### WHAT TO DO
Transcribe the records word for word, beginning with the first line and ending with the line that contains "fn from(fault: SinkFault)"; include nothing else.

(Records excerpted from a collection)
# # # #

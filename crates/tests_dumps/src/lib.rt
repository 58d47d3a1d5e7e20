//! The tape of a known try against what a socket is told, and known dumps that are read, through the public calls.
#![tactic(auto)]

#[cfg(test)]
mod dump_tests;
#[cfg(test)]
mod vcd_tests;
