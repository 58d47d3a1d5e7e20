//! Why a listing isn't put whole.

ghost use Rattle.std.specs.Prelude.{◌≡◌};
ghost use Rattle.code_listing.specs.declared.fault.ListFault.TheVariants as fault;

use std::alloc::AllocError;
use tester_types::{NoMemory, SinkFault};

/// Why a listing isn't put whole.
#[derive(Clone, Copy, Debug, PartialEq, Eq)]
pub enum ListFault {
    NoMemory,
    /// A put failed or took nothing.
    Sink(SinkFault),
}

impl From<SinkFault> for ListFault {
    ghost from_gives = { λ f e. e ≡ fault.Sink f };

    fn from(fault: SinkFault) -> ListFault {
        ListFault::Sink(fault)
    }
}

impl From<AllocError> for ListFault {
    ghost from_gives = { λ _ e. e ≡ fault.NoMemory };

    fn from(_error: AllocError) -> ListFault {
        ListFault::NoMemory
    }
}

impl From<NoMemory> for ListFault {
    ghost from_gives = { λ _ e. e ≡ fault.NoMemory };

    fn from(_want: NoMemory) -> ListFault {
        ListFault::NoMemory
    }
}
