//! The cycles of all executives of a code, each in one of two forms.

ghost use Rattle.std.specs.Prelude.{◌≡◌, ◌+◌, ◌<◌, ◌≤◌, ◌^◌, IfOk, length};
ghost use Rattle.std.specs.List.{flat_map};
ghost use Rattle.text_bytes.specs.Limits.{most_listed};
ghost use Rattle.tester_types.specs.Outside.{Prints};
ghost use Rattle.packed_code.specs.Walk.{IsOf};
ghost use Rattle.code_listing.specs.Listing.{listed, listed_exec, listing_of, cycles_in, time_of};
ghost use Rattle.code_listing.specs.Lines.{Lists, ListsWhole, IsFor};
ghost use Rattle.code_listing.specs.Room.{Fits, IsSure, text_of};
ghost use Rattle.code_listing.specs.Text.{names_of, exec_line, exec_text, execs_text, end_line, listing_text};
ghost use Rattle.code_listing.specs.Text.{cycles_text, events_text};

use crate::check::cycle_total;
use crate::cycles::put_cycle_line;
use crate::fault::ListFault;
use crate::moments::put_moments;
use crate::room::Room;
use packed_code::{Code, walk};
use std::alloc::Global;
use tester_types::{Cycle, Piece, Sink, SinkFault, put_each};

/// What is printed of a cycle.
#[derive(Clone, Copy, Debug, PartialEq, Eq)]
pub(crate) enum Form {
    /// Its line.
    Cycles,
    /// Its moments.
    Events,
}

/// Puts a numbered cycle.
fn put_cycle<K: Sink>(
    alloc: Global,
    sink: &mut K,
    code: &Code,
    form: Form,
    number: u64,
    cycle: &Cycle,
    room: &mut Room,
) -> Result<(), ListFault>
    requires of { IsOf code.now cycle.now.table cycle.now.row }
    requires early { cycle.now.start < 2 ^ 88 }
    requires room { Fits (length code.now.signals) room.old }
    ensures lists { Lists (K.told sink.old) (text_of form code.now (listed code.now (number, cycle.now))) result
        (K.told sink.new) }
    ensures sure { IsSure form result }
    ensures room { Fits (length code.now.signals) room.new }
    ensures count { K.faults sink.old ≤ K.faults sink.new }
    ensures cause { IsFor (K.faults sink.old) (K.faults sink.new) result }
{
    match form {
        Form::Cycles => put_cycle_line(sink, code, number, cycle, room.row.as_mut_slice())?,
        Form::Events => put_moments(alloc, sink, code, number, cycle, room.skews.as_slice())?,
    }
    Ok(())
}

/// Puts the cycles of an executive, and adds their periods to a time.
fn put_exec_cycles<K: Sink>(
    alloc: Global,
    sink: &mut K,
    code: &Code,
    form: Form,
    exec: u16,
    room: &mut Room,
    time: u128,
) -> Result<u128, ListFault>
    requires exec { exec < length code.now.execs }
    requires room { Fits (length code.now.signals) room.old }
    requires time { time + time_of (listed_exec code.now exec).cycles < 2 ^ 128 }
    ensures lists { Lists (K.told sink.old) (flat_map (text_of form code.now) (listed_exec code.now exec).cycles) result
        (K.told sink.new) }
    ensures time { IfOk result (λ t. t ≡ time + time_of (listed_exec code.now exec).cycles) }
    ensures sure { IsSure form result }
    ensures room { Fits (length code.now.signals) room.new }
    ensures count { K.faults sink.old ≤ K.faults sink.new }
    ensures cause { IsFor (K.faults sink.old) (K.faults sink.new) result }
{
    let mut place = walk(code, exec);
    let mut time = time;
    for number in 0..code.cycles(exec) {
        let Some(cycle) = place.next(code) else {
            unreachable!()
        };
        put_cycle(alloc, sink, code, form, number, &cycle, room)?;
        time += u128::from(code.table(cycle.table).period);
    }
    Ok(time)
}

/// Puts the line of an executive.
fn put_exec_line<K: Sink>(sink: &mut K, code: &Code, exec: u16) -> Result<(), SinkFault>
    requires { exec < length code.now.execs }
    ensures { Prints (K.told sink.old) (K.faults sink.old) (exec_line (listed_exec code.now exec)) result
        (K.told sink.new) (K.faults sink.new) }
{
    let line = [
        Piece::Text(b"exec "),
        Piece::Number(u128::from(exec)),
        Piece::Text(b" "),
        Piece::Title(code.exec_name(exec)),
        Piece::Text(b"\n"),
    ];
    put_each(sink, &line)
}

/// Puts an executive with its cycles, and adds their periods to a time.
fn put_exec<K: Sink>(
    alloc: Global,
    sink: &mut K,
    code: &Code,
    form: Form,
    exec: u16,
    room: &mut Room,
    time: u128,
) -> Result<u128, ListFault>
    requires exec { exec < length code.now.execs }
    requires room { Fits (length code.now.signals) room.old }
    requires time { time + time_of (listed_exec code.now exec).cycles < 2 ^ 128 }
    ensures lists { Lists (K.told sink.old) (exec_text (text_of form code.now) (listed_exec code.now exec)) result
        (K.told sink.new) }
    ensures time { IfOk result (λ t. t ≡ time + time_of (listed_exec code.now exec).cycles) }
    ensures sure { IsSure form result }
    ensures room { Fits (length code.now.signals) room.new }
    ensures count { K.faults sink.old ≤ K.faults sink.new }
    ensures cause { IsFor (K.faults sink.old) (K.faults sink.new) result }
{
    put_exec_line(sink, code, exec)?;
    put_exec_cycles(alloc, sink, code, form, exec, room, time)
}

/// Puts all executives, and answers how long their cycles take.
fn put_execs<K: Sink>(
    alloc: Global,
    sink: &mut K,
    code: &Code,
    form: Form,
    room: &mut Room,
) -> Result<u128, ListFault>
    requires room { Fits (length code.now.signals) room.old }
    requires time { time_of (cycles_in (listing_of code.now)) < 2 ^ 128 }
    ensures lists { Lists (K.told sink.old) (execs_text (text_of form code.now) (listing_of code.now)) result
        (K.told sink.new) }
    ensures time { IfOk result (λ t. t ≡ time_of (cycles_in (listing_of code.now))) }
    ensures sure { IsSure form result }
    ensures count { K.faults sink.old ≤ K.faults sink.new }
    ensures cause { IsFor (K.faults sink.old) (K.faults sink.new) result }
{
    let mut time = 0;
    for exec in 0..code.execs() {
        time = put_exec(alloc, sink, code, form, exec, room, time)?;
    }
    Ok(time)
}

/// Puts the last line.
fn put_end<K: Sink>(sink: &mut K, cycles: u64, time: u128) -> Result<(), SinkFault>
    ensures { Prints (K.told sink.old) (K.faults sink.old) (end_line cycles time) result
        (K.told sink.new) (K.faults sink.new) }
{
    let line = [
        Piece::Text(b"end "),
        Piece::Number(u128::from(cycles)),
        Piece::Text(b" "),
        Piece::Number(time),
        Piece::Text(b"\n"),
    ];
    put_each(sink, &line)
}

/// Puts a listing in a form.
fn put_listing<K: Sink>(
    alloc: Global,
    sink: &mut K,
    code: &Code,
    form: Form,
    room: &mut Room,
) -> Result<(), ListFault>
    requires room { Fits (length code.now.signals) room.old }
    requires few { length (cycles_in (listing_of code.now)) ≤ most_listed }
    ensures lists { Lists (K.told sink.old) (listing_text (text_of form code.now) (listing_of code.now)) result
        (K.told sink.new) }
    ensures sure { IsSure form result }
    ensures count { K.faults sink.old ≤ K.faults sink.new }
    ensures cause { IsFor (K.faults sink.old) (K.faults sink.new) result }
{
    let _conditions = code.signals();
    let time = put_execs(alloc, sink, code, form, room)?;
    put_end(sink, cycle_total(code), time)?;
    Ok(())
}

/// Puts the dated cycles of a code of at most 65,536 cycles: for each executive its line and the line of each cycle, with
/// its number and start in its executive, its table, and one character for each signal; then the number of all cycles and
/// how long they take, in femtoseconds. It wants memory before it puts anything, and not later.
pub fn put_cycles<K: Sink>(alloc: Global, sink: &mut K, code: &Code) -> Result<(), ListFault>
    requires few { length (cycles_in (listing_of code.now)) ≤ most_listed }
    ensures puts { ListsWhole (K.told sink.old) (cycles_text (listing_of code.now)) result (K.told sink.new) }
    ensures count { K.faults sink.old ≤ K.faults sink.new }
    ensures cause { IsFor (K.faults sink.old) (K.faults sink.new) result }
{
    let mut room = Room::new(alloc, code)?;
    put_listing(alloc, sink, code, Form::Cycles, &mut room)
}

/// Puts the moments of the cycles of a code of at most 65,536 cycles, where no signal has a skew: for each executive its
/// line, the line of each cycle, and a line for each of its moments, with its drives and looks; then the number of all
/// cycles and how long they take, in femtoseconds. Where memory is wanting, whole lines stand before.
pub fn put_events<K: Sink>(alloc: Global, sink: &mut K, code: &Code) -> Result<(), ListFault>
    requires few { length (cycles_in (listing_of code.now)) ≤ most_listed }
    ensures lists { Lists (K.told sink.old) (events_text (names_of code.now) (listing_of code.now)) result
        (K.told sink.new) }
    ensures count { K.faults sink.old ≤ K.faults sink.new }
    ensures cause { IsFor (K.faults sink.old) (K.faults sink.new) result }
{
    let mut room = Room::new(alloc, code)?;
    put_listing(alloc, sink, code, Form::Events, &mut room)
}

# # # #

### RESPONSE TO THIS EXERCISE
filename crates/tests_dumps/src/lib.rt
repository 58d47d3a1d5e7e20
//! The tape of a known try against what a socket is told, and known dumps that are read, through the public calls.
#![tactic(auto)]

#[cfg(test)]
mod dump_tests;
#[cfg(test)]
mod vcd_tests;
repository 58d47d3a1d5e7e20
//! Why a listing isn't put whole.

ghost use Rattle.std.specs.Prelude.{◌≡◌};
ghost use Rattle.code_listing.specs.declared.fault.ListFault.TheVariants as fault;

use std::alloc::AllocError;
use tester_types::{NoMemory, SinkFault};

/// Why a listing isn't put whole.
#[derive(Clone, Copy, Debug, PartialEq, Eq)]
pub enum ListFault {
    NoMemory,
    /// A put failed or took nothing.
    Sink(SinkFault),
}

impl From<SinkFault> for ListFault {
    ghost from_gives = { λ f e. e ≡ fault.Sink f };

    fn from(fault: SinkFault) -> ListFault {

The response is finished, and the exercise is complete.